Из древней тьмы, на мировом погосте
звучат лишь письмена…
— Это Бунин, — пояснил он спутникам. — В Петербурге любил читать его, когда учился.
Через ворота с боковыми давно рухнувшими подсобными строениями вышли на площадь. Мертво. Неестественная тишина. Корни могучих деревьев вспучили, исковеркали мраморные плиты, устилавшие некогда площадь. Все заросло шиповником, диким виноградом, деревьями, густой травой. Кое-где возвышались толстые оборонительные стены, сложенные из тесаных, хорошо пригнанных массивных блоков, да руины охранных башен.
Ребята испуганно оглядывались. Подумать только! Сейчас они стоят на площади, где кипела жизнь и царила смерть много сотен лет назад! На этих камнях и сейчас еще, может быть, сохранились следы их далеких-далеких предков! Только следы, а самих их давным-давно нет…
На развалинах крепостной башни изваяниями сидели, насупившись, хмурые грифы. Сидели и словно ждали своей очередной жертвы.
— Шараф! А они живые? — спросил Саша. И его шепот показался таким лишним на этой мертвой площади. Шараф ничего не ответил.

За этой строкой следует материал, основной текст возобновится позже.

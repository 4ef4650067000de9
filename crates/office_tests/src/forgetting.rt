ghost use Rattle.std.specs.Prelude.{◌≤◌};

use crate::silence::{Answers, Silent, unasked};
use off_defs::{Key, Row, Writes};
use off_drill_job::drill;
use off_keepmem::MemKeeper;
use off_outside::{Calls, Events, Keeper, MemLink, MemSink};
use std::alloc::Global;
use std::test::Fail;

// It keeps the first commits alone, and behind them it finds a lease so many times more.
#[derive(Drop)]
struct Forgetful {
    kept: MemKeeper,
    keeps: u64,
    finds: u64,
}

impl Answers for Forgetful {
    fn row(&mut self, alloc: Global, key: &Key, commits: u64) -> Option<Option<Row>> {
        if commits >= self.keeps && is_lease(key) {
            if self.finds == 0 {
                return Some(None);
            }
            self.finds -= 1;
        }
        self.kept.get(alloc, key).ok()
    }

    fn entry(&mut self, alloc: Global, after: Option<&Key>) -> Option<Option<(Key, Row)>> {
        self.kept.next(alloc, after).ok()
    }

    fn write(&mut self, alloc: Global, writes: &Writes, commits: u64) -> Option<()> {
        if commits < self.keeps {
            self.kept.commit(alloc, writes).ok()
        } else {
            Some(())
        }
    }
}

fn is_lease(key: &Key) -> bool {
    match key {
        Key::Lease(_) => true,
        _ => false,
    }
}

fn keeper_that_forgets(alloc: Global, keeps: u64, finds: u64) -> Silent<Forgetful> {
    unasked(Forgetful {
        kept: MemKeeper::new(alloc, Calls::new(alloc)),
        keeps,
        finds,
    })
}

// A drill over a keeper that forgets: its line, and how many items were sent.
fn drilled(
    alloc: Global,
    count: u32,
    keeper: &mut Silent<Forgetful>,
    line: &str,
    items: usize,
) -> Result<bool, Fail>
    requires { count ≤ 4000 }
{
    let mut link = MemLink::new(alloc, Events::new(alloc), 300, 100_000, Calls::new(alloc))?;
    let mut out = MemSink::new(alloc, 200, Calls::new(alloc))?;
    let status = drill(alloc, count, &mut link, keeper, &mut out);
    Ok(status == 0 && out.written() == line.as_bytes() && link.sent_len() == items)
}

// Of a keeper that keeps nothing the commands for the pool and for the modem are refused, since
// there is no hub and no subscriber, and go by; no DISCOVER has an offer, and the rest of its
// modem's steps are left out.
#[test]
fn a_drill_goes_by_what_is_refused(rt: HostRuntime) -> Result<(), Fail> {
    let line = "drill 2 offers 0 acks 0 files 0 blocks 0 octets 0\n";
    let mut keeper = keeper_that_forgets(rt.alloc(), 0, 0);
    assert!(rt; drilled(rt.alloc(), 2, &mut keeper, line, 0)?);
    Ok(())
}

// The hub, the class, the pool, the subscriber, the modem, the offer and the lease are kept; the
// lease is found for the read request alone. That it agrees is remembered, so each block goes: an
// offer, an acknowledgement, the options of the transfer and three blocks are sent.
#[test]
fn a_drill_looks_once_whether_a_lease_agrees(rt: HostRuntime) -> Result<(), Fail> {
    let line = "drill 1 offers 1 acks 1 files 1 blocks 3 octets 88\n";
    let mut keeper = keeper_that_forgets(rt.alloc(), 7, 1);
    assert!(rt; drilled(rt.alloc(), 1, &mut keeper, line, 6)?);
    Ok(())
}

За площадью зеленел огромный шатер. Вот они — деревья-великаны! Это они выросли на том страшном пепле…
Теплов и ребята были поражены ростом деревьев. Вот пирамидальный тополь с диаметром ствола около трех метров. А чинары-и того больше — метра четыре и высота около сорока! Даже урючина не захотела отставать от своих соседей, вверх и вширь разбросив свои ветви метров на тридцать.
— Больше! — пытался опровергнуть подсчеты Арменака Саша. — Больше!

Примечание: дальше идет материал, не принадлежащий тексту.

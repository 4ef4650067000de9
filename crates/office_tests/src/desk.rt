ghost use Rattle.std.specs.Prelude.{◌≡◌, false, IfOk, IfSome};
ghost use Rattle.off_accounts.specs.Deciding.{is_import};

use off_account_rules::Counts;
use off_accounts::{AccountErr, Planned};
use off_base::Moment;
use off_commands::decide;
use off_defs::{Key, Row, Write, Writes};
use off_keepmem::MemKeeper;
use off_opening::read_users;
use off_orders::{Command, Reply, Rule, sound};
use off_outside::{Calls, Keeper};
use script_words::{Line, Unread, read_write};
use std::alloc::Global;
use std::test::Fail;

/// The moment of the commands.
pub(crate) const NOW: u64 = 1_700_000_000;

/// The office of the worked examples, a row a line.
pub(crate) const OFFICE: &str = "hub 0 10.0.0.2 736563726574 3600 86400 0.0.0.0
class 1 \"gold\" 24{ 1=0001 6=07 } 25{ 1=0002 6=07 }
subscriber 7 active 2 \"Ann\"
modem 02aabbccddee 7 1 \"SN01\"
pool 1 10.64.0.10 10.64.0.99 24 10.64.0.1 10.64.0.1";

/// What a command is answered: with how many writes it is done, that it shows a row, or the rule
/// that refuses it.
#[derive(Clone, Copy, PartialEq, Eq)]
pub(crate) enum Answer {
    Done(usize),
    Shown,
    Refused(Rule),
    Failed,
}

fn push_rows(alloc: Global, writes: &mut Writes, rows: &str) -> Result<(), Fail> {
    for row in rows.split('\n') {
        if !row.is_empty() {
            writes.push(read_write(alloc, &mut Line::over(row.as_bytes()))?)?;
        }
    }
    Ok(())
}

/// A keeper of the office and further rows.
pub(crate) fn keeper_of(alloc: Global, more: &str) -> Result<MemKeeper, Fail> {
    let mut writes = Writes::new(alloc);
    push_rows(alloc, &mut writes, OFFICE)?;
    push_rows(alloc, &mut writes, more)?;
    let mut keeper = MemKeeper::new(alloc, Calls::new(alloc));
    keeper.commit(alloc, &writes)?;
    Ok(keeper)
}

fn command_of(key: Key, row: Row) -> Option<Command>
    ensures { IfSome result (λ c. is_import c ≡ false) }
{
    match (key, row) {
        (Key::Subscriber(number), Row::Subscriber(row)) => {
            Some(Command::PutSubscriber(number, row))
        }
        (Key::AddOn(owner, number), Row::AddOn(row)) => Some(Command::PutAddOn(owner, number, row)),
        (Key::Modem(mac), Row::Modem(row)) => Some(Command::PutModem(mac, row)),
        (Key::Class(number), Row::Class(row)) => Some(Command::PutClass(number, row)),
        (Key::Pool(number), Row::Pool(row)) => Some(Command::PutPool(number, row, 0)),
        (Key::DevicePool(number), Row::Pool(row)) => Some(Command::PutDevicePool(number, row)),
        _ => None,
    }
}

/// Whether the command is an import.
pub(crate) fn is_import(command: &Command) -> bool
    ensures { result ≡ is_import command.now }
{
    match command {
        Command::Import { .. } => true,
        _ => false,
    }
}

/// The command that puts a row; a pool's hub is the hub 0.
pub(crate) fn put(alloc: Global, row: &str) -> Result<Option<Command>, Unread>
    ensures { IfOk result (λ asked. IfSome asked (λ c. is_import c ≡ false)) }
{
    match read_write(alloc, &mut Line::over(row.as_bytes()))? {
        Write::Put(key, row) => Ok(command_of(key, row)),
        Write::Drop(_key) => Ok(None),
    }
}

fn answer_of(planned: &Result<Planned, AccountErr>) -> Answer {
    match planned {
        Ok(planned) => match planned.reply {
            Reply::Shown(_, _) => Answer::Shown,
            Reply::ShownPool { .. } => Answer::Shown,
            _ => Answer::Done(planned.writes.len()),
        },
        Err(AccountErr::Refused { rule, .. }) => Answer::Refused(*rule),
        Err(_) => Answer::Failed,
    }
}

/// What a command is answered where the counts are these. It isn't done.
pub(crate) fn answered(
    alloc: Global,
    keeper: &mut MemKeeper,
    counts: &Counts,
    command: &Command,
) -> Answer
    requires { is_import command.now ≡ false }
{
    if !sound(command) {
        return Answer::Failed;
    }
    let Ok(users) = read_users(alloc, keeper) else {
        return Answer::Failed;
    };
    answer_of(&decide(alloc, keeper, counts, &users, Moment(NOW), command))
}

/// What the command that puts a row is answered.
pub(crate) fn answers(
    alloc: Global,
    keeper: &mut MemKeeper,
    counts: &Counts,
    row: &str,
) -> Result<Answer, Fail> {
    match put(alloc, row)? {
        Some(command) => Ok(answered(alloc, keeper, counts, &command)),
        None => Ok(Answer::Failed),
    }
}
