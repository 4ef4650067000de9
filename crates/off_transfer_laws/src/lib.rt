//! Laws of transfers and of Ticks, over the definitions alone. Each function here does nothing: its
//! contract is the law.
#![tactic(auto)]

mod laws;

pub use laws::{
    a_datagram_gives_one_thing, a_file_is_its_modems, a_request_is_accepted_where_all_agrees,
    a_tick_closes_as_many_as_it_says, a_tick_does_one_thing, a_tick_keeps_transfers_sound,
    a_tick_sends_again_or_closes, a_tick_sends_as_many_as_it_says, agreement_stands_in_the_tables,
    answers_go_back, block_numbers_fit, each_datagram_gives_something, each_tick_does_something,
    each_transfer_has_an_origin, equal_views_give_the_same, good_tables_have_the_file,
    no_other_row_decides, refusals_change_nothing, requests_are_read_as_written,
    seconds_that_are_read_fit, sizes_that_are_read_fit, texts_are_those_that_are_spelled,
    the_next_block_goes, transfers_of_others_stay, transfers_stay_few, transfers_stay_sound,
};
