ghost use Rattle.off_defs.specs.Told.{one_none};
ghost use Rattle.office_tests.specs.Untold.{keeper_counts};

use off_defs::{Key, Row, Writes};
use off_outside::{Failed, KeepErr, Keeper, one_more};
use std::alloc::Global;

/// What a keeper answers that tells nothing; `None` where it wants memory. So many commits were
/// done before.
pub(crate) trait Answers {
    fn row(&mut self, alloc: Global, key: &Key, commits: u64) -> Option<Option<Row>>;

    fn entry(&mut self, alloc: Global, after: Option<&Key>) -> Option<Option<(Key, Row)>>;

    fn write(&mut self, alloc: Global, writes: &Writes, commits: u64) -> Option<()>;
}

/// A keeper that tells nothing but how often it was asked.
#[derive(Drop)]
pub(crate) struct Silent<A> {
    pub answers: A,
    pub calls: u64,
    pub commits: u64,
}

/// A keeper of these answers that wasn't asked yet.
pub(crate) fn unasked<A: Answers>(answers: A) -> Silent<A> {
    Silent {
        answers,
        calls: 0,
        commits: 0,
    }
}

impl<A: Answers> Keeper for Silent<A> {
    ghost seen = { λ k. keeper_counts 0 k.calls k.commits };

    fn get(&mut self, alloc: Global, key: &Key) -> Result<Option<Row>, KeepErr> {
        self.calls = one_more(self.calls);
        match self.answers.row(alloc, key, self.commits) {
            Some(row) => Ok(row),
            None => Err(KeepErr::Memory),
        }
    }

    fn next(&mut self, alloc: Global, after: Option<&Key>) -> Result<Option<(Key, Row)>, KeepErr> {
        self.calls = one_more(self.calls);
        match self.answers.entry(alloc, after) {
            Some(entry) => Ok(entry),
            None => Err(KeepErr::Memory),
        }
    }

    fn commit(&mut self, alloc: Global, writes: &Writes) -> Result<(), KeepErr> {
        self.calls = one_more(self.calls);
        let Some(()) = self.answers.write(alloc, writes, self.commits) else {
            return Err(KeepErr::Memory);
        };
        self.commits = one_more(self.commits);
        Ok(())
    }

    #[tactic(auto, using(off_outside::proofs::KeeperLemmas::stages_commit))]
    fn stage(&mut self, alloc: Global, writes: &Writes) -> Result<(), KeepErr> {
        self.commit(alloc, writes)
    }

    #[tactic(auto, using(off_outside::proofs::KeeperLemmas::secured_none))]
    fn secure(&mut self) -> Result<(), Failed> {
        Ok(())
    }

    fn waits(&self) -> bool {
        false
    }

    fn moment(&self) -> u64 {
        0
    }

    ghost one_tables = { λ _ up. one_none };

    ghost rests = { λ k tables told opened might. absurd might };
}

— Не спорьте, — вмешался в их спор Хусан-ака. — Это урюк сорта «ок-контак»— «белый сахар», высота его метров двадцать пять, а диаметр у корня метра три. Ежегодно дает сто пятьдесят — сто семьдесят килограммов фруктов. Урожай в четыре-пять раз больше, чем с других урючных деревьев. Дереву около трехсот лет, не меньше.
Шараф почти в центре дворцовой площади выбрал участок, густо заросший травой. Ребята разбивали бивак, а Гриша, захватив ружье, пошел «побродить по окрестностям», как он сам сказал. Послышавшиеся вскоре частые выстрелы красноречиво говорили о том, что «прогулка по окрестностям» была успешной.
Не прошло и часа, как Гриша вернулся и высыпал из мешка добычу — с десяток жирных сизаков и кекликов.
— Я, мальчики, дичь, приготовлю сам, — проговорил Хусан-ака, — Гриша и Арменак, идите за дровами, мы с Сашей займемся птицей. — И старик принялся копать рядом с костром яму. Саша заинтересовался: для чего? Может быть, дедушка торопится найти ход в подземные лабиринты?
— Нет, юноша, котел делаю, обед готовить буду.
— Дедушка, вы, оказывается, и шутник, — выпалил обидчиво Саша. — Как в этой яме вы обед сварите? Ни в одной книге по кулинарии такого рецепта нет. А читать я умею, не смейтесь, я не малыш, кончил восемь классов…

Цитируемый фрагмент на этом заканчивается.